┌─ Data to process
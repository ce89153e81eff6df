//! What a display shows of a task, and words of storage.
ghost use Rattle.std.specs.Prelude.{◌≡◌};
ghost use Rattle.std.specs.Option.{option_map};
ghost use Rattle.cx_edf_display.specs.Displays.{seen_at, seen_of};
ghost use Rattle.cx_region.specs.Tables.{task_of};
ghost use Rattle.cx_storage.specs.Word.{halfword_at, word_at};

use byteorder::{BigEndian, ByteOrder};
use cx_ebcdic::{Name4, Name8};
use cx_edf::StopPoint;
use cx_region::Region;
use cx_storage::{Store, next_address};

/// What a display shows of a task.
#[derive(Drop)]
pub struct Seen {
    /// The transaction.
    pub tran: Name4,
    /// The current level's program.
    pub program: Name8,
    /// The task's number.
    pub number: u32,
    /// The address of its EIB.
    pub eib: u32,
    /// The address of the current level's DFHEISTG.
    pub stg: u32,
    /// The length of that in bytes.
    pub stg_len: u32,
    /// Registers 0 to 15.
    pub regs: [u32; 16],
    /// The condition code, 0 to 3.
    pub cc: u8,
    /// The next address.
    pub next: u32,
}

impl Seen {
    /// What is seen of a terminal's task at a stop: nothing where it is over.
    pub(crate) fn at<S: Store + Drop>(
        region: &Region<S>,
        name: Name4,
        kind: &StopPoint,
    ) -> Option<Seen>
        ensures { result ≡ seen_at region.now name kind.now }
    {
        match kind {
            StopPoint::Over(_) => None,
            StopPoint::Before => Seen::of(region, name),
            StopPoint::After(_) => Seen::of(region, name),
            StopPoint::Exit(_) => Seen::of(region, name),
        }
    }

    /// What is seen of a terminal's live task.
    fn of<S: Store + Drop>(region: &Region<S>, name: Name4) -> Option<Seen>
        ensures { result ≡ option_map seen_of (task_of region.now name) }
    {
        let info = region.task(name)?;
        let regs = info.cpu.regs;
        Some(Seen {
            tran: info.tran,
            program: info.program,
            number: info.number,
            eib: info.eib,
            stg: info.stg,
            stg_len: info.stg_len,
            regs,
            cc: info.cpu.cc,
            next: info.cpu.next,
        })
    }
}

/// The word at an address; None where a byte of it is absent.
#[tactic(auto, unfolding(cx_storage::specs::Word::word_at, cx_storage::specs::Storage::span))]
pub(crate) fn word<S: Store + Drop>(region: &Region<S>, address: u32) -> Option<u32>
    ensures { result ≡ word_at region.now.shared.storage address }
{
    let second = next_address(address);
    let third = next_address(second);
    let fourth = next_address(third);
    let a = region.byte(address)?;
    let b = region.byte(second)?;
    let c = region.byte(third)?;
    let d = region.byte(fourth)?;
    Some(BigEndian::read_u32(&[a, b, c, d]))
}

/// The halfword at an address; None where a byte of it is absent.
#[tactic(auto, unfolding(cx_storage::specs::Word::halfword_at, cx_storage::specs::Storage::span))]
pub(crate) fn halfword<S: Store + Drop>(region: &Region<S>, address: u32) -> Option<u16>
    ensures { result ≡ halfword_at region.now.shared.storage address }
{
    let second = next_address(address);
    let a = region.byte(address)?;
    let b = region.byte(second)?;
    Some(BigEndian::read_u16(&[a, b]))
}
└─
┌─ Data to process
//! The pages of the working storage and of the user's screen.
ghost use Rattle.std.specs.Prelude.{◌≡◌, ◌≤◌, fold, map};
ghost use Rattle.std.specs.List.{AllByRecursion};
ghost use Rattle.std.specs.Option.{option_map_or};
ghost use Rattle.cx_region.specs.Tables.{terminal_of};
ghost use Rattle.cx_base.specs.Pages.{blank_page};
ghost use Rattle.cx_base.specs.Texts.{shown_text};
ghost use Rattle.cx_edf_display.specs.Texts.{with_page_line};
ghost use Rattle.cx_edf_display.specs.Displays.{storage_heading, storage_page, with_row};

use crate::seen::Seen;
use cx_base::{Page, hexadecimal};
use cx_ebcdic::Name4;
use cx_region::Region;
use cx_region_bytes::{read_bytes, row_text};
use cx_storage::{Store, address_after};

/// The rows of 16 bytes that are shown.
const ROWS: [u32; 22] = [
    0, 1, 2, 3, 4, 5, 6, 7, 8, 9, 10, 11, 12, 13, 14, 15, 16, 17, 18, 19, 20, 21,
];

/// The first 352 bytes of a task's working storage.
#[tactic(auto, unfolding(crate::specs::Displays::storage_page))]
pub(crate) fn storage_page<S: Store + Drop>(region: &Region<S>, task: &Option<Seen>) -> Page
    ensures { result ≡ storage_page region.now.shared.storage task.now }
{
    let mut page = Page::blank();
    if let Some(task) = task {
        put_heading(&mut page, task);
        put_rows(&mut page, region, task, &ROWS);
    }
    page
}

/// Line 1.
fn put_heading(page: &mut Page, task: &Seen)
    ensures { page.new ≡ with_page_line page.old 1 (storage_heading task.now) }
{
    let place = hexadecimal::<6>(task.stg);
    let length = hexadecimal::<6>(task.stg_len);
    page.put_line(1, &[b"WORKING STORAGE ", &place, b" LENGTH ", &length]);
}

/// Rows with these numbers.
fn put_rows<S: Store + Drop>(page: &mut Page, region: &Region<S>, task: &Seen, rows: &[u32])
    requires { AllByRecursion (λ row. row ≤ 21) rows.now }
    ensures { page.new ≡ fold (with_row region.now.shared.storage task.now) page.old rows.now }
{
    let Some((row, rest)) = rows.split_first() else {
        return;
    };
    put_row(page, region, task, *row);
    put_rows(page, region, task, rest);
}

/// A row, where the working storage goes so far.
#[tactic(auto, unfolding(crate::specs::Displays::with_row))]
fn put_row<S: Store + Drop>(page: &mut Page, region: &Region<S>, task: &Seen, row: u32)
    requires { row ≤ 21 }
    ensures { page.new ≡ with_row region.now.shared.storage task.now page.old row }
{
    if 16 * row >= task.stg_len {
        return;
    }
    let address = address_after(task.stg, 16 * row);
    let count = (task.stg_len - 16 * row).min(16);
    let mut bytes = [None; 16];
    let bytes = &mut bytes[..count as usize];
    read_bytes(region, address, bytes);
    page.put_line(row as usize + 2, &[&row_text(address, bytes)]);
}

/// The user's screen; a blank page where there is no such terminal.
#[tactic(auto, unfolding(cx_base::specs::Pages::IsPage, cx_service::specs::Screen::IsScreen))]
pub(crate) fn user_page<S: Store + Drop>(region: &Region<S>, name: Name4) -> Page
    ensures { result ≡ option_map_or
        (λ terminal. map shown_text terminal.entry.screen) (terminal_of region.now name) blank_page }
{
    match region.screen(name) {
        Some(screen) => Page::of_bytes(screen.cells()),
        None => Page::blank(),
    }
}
└─
┌─ Data to process
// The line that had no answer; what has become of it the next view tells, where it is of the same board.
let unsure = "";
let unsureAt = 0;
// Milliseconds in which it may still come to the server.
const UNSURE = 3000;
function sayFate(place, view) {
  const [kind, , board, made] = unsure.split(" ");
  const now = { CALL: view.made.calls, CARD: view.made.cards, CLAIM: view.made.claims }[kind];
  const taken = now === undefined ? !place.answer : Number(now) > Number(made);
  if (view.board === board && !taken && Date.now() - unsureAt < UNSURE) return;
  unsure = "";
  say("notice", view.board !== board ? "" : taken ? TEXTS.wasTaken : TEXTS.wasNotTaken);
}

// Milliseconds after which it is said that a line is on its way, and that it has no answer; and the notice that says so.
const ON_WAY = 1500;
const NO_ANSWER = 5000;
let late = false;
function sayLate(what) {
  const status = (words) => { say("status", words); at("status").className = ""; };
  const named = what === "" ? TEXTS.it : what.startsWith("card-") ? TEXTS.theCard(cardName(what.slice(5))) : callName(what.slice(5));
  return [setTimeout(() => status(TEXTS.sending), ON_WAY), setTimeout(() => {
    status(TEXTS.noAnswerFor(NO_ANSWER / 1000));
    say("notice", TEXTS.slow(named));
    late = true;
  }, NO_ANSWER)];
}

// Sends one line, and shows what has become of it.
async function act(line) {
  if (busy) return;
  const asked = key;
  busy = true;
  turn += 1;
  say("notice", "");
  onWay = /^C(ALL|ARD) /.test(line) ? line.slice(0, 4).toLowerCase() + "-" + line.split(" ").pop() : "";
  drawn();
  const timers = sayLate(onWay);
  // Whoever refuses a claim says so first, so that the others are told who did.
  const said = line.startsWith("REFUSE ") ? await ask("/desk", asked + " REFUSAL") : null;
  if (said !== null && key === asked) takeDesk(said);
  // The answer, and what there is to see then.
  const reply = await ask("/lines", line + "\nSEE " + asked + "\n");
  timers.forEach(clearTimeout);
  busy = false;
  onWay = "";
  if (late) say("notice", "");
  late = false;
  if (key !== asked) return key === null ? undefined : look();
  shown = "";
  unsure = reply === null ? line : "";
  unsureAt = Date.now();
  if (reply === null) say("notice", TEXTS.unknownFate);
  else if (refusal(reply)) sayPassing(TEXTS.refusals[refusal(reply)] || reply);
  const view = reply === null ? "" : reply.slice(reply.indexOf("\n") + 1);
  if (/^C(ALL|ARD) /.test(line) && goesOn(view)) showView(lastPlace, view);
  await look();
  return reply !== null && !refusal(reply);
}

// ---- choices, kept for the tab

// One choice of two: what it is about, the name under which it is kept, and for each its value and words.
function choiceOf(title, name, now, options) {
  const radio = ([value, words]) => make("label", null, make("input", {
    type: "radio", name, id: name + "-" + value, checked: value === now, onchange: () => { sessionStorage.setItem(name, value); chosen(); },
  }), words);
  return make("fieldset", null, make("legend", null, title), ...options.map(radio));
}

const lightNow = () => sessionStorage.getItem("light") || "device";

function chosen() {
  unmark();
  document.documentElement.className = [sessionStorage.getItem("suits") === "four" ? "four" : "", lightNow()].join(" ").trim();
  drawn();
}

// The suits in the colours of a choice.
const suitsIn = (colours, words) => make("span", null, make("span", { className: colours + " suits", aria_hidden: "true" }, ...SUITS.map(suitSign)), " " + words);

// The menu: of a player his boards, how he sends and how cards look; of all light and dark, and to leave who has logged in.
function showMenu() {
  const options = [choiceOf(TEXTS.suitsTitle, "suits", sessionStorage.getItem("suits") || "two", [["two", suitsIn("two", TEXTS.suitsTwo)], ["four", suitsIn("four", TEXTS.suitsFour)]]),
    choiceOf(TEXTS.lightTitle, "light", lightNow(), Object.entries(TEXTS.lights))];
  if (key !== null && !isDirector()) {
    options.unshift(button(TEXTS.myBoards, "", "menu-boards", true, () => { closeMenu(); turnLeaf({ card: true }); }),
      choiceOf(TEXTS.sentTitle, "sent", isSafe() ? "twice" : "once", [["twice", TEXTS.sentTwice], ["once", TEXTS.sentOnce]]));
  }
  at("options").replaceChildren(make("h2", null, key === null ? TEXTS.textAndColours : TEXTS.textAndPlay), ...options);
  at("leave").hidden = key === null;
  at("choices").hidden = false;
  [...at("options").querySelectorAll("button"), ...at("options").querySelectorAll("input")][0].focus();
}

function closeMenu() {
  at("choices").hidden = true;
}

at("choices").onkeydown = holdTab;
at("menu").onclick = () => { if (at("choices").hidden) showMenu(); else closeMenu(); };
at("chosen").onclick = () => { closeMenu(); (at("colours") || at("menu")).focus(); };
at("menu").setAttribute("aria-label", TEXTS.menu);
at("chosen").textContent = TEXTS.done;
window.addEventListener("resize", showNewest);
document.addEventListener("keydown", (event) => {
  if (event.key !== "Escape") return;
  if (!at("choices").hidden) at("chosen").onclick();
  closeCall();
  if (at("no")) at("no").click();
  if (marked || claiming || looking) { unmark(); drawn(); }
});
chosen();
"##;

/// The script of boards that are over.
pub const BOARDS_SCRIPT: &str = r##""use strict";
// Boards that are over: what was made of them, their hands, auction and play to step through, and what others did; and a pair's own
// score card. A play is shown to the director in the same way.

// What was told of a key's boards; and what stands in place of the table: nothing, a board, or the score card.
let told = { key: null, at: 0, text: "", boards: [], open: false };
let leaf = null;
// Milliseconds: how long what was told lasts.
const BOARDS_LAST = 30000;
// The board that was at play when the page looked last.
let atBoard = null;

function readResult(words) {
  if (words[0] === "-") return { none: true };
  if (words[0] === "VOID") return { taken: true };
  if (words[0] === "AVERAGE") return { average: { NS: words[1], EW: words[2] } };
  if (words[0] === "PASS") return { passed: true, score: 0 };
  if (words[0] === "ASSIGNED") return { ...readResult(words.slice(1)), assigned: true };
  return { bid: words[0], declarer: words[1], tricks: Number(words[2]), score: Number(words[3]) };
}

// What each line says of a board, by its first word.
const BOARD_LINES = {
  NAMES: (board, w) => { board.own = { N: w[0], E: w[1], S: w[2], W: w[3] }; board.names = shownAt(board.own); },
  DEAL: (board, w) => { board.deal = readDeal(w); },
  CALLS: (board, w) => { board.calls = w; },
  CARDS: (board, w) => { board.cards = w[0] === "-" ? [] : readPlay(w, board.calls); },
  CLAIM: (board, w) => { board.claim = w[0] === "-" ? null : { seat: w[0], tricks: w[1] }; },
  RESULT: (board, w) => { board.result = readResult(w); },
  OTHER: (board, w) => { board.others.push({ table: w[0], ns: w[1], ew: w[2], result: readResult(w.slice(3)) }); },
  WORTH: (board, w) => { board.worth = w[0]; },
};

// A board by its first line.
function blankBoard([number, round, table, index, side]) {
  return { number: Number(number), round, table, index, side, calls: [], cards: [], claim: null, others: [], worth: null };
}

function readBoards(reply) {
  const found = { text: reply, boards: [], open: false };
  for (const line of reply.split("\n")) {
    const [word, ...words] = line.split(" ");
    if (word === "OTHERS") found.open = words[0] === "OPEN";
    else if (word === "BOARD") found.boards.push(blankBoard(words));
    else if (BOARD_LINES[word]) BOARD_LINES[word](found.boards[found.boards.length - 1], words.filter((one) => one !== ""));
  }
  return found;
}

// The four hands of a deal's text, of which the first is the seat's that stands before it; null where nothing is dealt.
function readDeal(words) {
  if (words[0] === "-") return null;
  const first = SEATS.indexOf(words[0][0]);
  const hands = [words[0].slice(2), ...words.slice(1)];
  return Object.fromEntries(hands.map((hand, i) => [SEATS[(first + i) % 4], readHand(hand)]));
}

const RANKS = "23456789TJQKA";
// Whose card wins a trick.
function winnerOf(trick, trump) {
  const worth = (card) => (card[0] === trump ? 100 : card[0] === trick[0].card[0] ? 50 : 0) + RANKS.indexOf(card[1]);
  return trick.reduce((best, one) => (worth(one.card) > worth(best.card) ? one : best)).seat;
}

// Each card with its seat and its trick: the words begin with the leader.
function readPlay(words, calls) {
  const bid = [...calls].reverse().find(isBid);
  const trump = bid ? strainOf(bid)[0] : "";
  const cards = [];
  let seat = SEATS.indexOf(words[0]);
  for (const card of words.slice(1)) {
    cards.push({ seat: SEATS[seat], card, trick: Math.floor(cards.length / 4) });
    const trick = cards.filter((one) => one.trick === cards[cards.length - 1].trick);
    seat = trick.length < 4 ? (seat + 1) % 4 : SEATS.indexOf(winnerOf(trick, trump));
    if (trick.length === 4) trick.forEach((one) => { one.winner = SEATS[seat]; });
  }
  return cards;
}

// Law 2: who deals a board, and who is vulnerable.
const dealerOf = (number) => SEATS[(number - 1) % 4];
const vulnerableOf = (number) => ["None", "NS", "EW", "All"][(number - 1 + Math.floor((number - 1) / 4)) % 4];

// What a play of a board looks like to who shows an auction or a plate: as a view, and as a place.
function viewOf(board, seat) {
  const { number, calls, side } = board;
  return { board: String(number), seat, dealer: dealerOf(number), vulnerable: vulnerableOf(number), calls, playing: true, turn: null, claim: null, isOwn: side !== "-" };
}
└─
Take the lines above from the one containing "that says so." to the one containing "for the tab" and retype them exactly, both ends included, with nothing added.

### Solution
// Milliseconds after which it is said that a line is on its way, and that it has no answer; and the notice that says so.
const ON_WAY = 1500;
const NO_ANSWER = 5000;
let late = false;
function sayLate(what) {
  const status = (words) => { say("status", words); at("status").className = ""; };
  const named = what === "" ? TEXTS.it : what.startsWith("card-") ? TEXTS.theCard(cardName(what.slice(5))) : callName(what.slice(5));
  return [setTimeout(() => status(TEXTS.sending), ON_WAY), setTimeout(() => {
    status(TEXTS.noAnswerFor(NO_ANSWER / 1000));
    say("notice", TEXTS.slow(named));
    late = true;
  }, NO_ANSWER)];
}

// Sends one line, and shows what has become of it.
async function act(line) {
  if (busy) return;
  const asked = key;
  busy = true;
  turn += 1;
  say("notice", "");
  onWay = /^C(ALL|ARD) /.test(line) ? line.slice(0, 4).toLowerCase() + "-" + line.split(" ").pop() : "";
  drawn();
  const timers = sayLate(onWay);
  // Whoever refuses a claim says so first, so that the others are told who did.
  const said = line.startsWith("REFUSE ") ? await ask("/desk", asked + " REFUSAL") : null;
  if (said !== null && key === asked) takeDesk(said);
  // The answer, and what there is to see then.
  const reply = await ask("/lines", line + "\nSEE " + asked + "\n");
  timers.forEach(clearTimeout);
  busy = false;
  onWay = "";
  if (late) say("notice", "");
  late = false;
  if (key !== asked) return key === null ? undefined : look();
  shown = "";
  unsure = reply === null ? line : "";
  unsureAt = Date.now();
  if (reply === null) say("notice", TEXTS.unknownFate);
  else if (refusal(reply)) sayPassing(TEXTS.refusals[refusal(reply)] || reply);
  const view = reply === null ? "" : reply.slice(reply.indexOf("\n") + 1);
  if (/^C(ALL|ARD) /.test(line) && goesOn(view)) showView(lastPlace, view);
  await look();
  return reply !== null && !refusal(reply);
}

// ---- choices, kept for the tab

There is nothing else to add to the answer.